↓

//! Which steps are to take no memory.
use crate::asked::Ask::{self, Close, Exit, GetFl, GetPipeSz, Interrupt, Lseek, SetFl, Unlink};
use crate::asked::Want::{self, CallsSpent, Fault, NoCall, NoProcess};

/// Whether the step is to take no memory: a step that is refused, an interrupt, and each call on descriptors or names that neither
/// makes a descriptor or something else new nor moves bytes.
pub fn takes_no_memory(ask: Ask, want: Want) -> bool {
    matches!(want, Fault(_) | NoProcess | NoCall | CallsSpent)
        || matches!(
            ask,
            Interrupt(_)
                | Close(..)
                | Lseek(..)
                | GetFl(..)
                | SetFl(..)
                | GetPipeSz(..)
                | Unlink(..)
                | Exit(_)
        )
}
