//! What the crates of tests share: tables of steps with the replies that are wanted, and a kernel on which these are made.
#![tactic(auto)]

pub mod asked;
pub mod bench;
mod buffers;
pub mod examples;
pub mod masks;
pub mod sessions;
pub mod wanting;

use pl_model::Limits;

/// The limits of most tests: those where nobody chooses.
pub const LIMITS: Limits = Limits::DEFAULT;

↑

EXERCISE OBJECTIVE >>
The full listing above needs to be retyped exactly.

SOLUTION TO THE EXERCISE >>
//! Which steps are to take no memory.
use crate::asked::Ask::{self, Close, Exit, GetFl, GetPipeSz, Interrupt, Lseek, SetFl, Unlink};
use crate::asked::Want::{self, CallsSpent, Fault, NoCall, NoProcess};

/// Whether the step is to take no memory: a step that is refused, an interrupt, and each call on descriptors or names that neither
/// makes a descriptor or something else new nor moves bytes.
pub fn takes_no_memory(ask: Ask, want: Want) -> bool {
    matches!(want, Fault(_) | NoProcess | NoCall | CallsSpent)
        || matches!(
            ask,
            Interrupt(_)
                | Close(..)
                | Lseek(..)
                | GetFl(..)
                | SetFl(..)
                | GetPipeSz(..)
                | Unlink(..)
                | Exit(_)
        )
}
//! What the crates of tests share: tables of steps with the replies that are wanted, and a kernel on which these are made.
#![tactic(auto)]

pub mod asked;
pub mod bench;
mod buffers;
pub mod examples;
pub mod masks;
pub mod sessions;
pub mod wanting;

use pl_model::Limits;

/// The limits of most tests: those where nobody chooses.
pub const LIMITS: Limits = Limits::DEFAULT;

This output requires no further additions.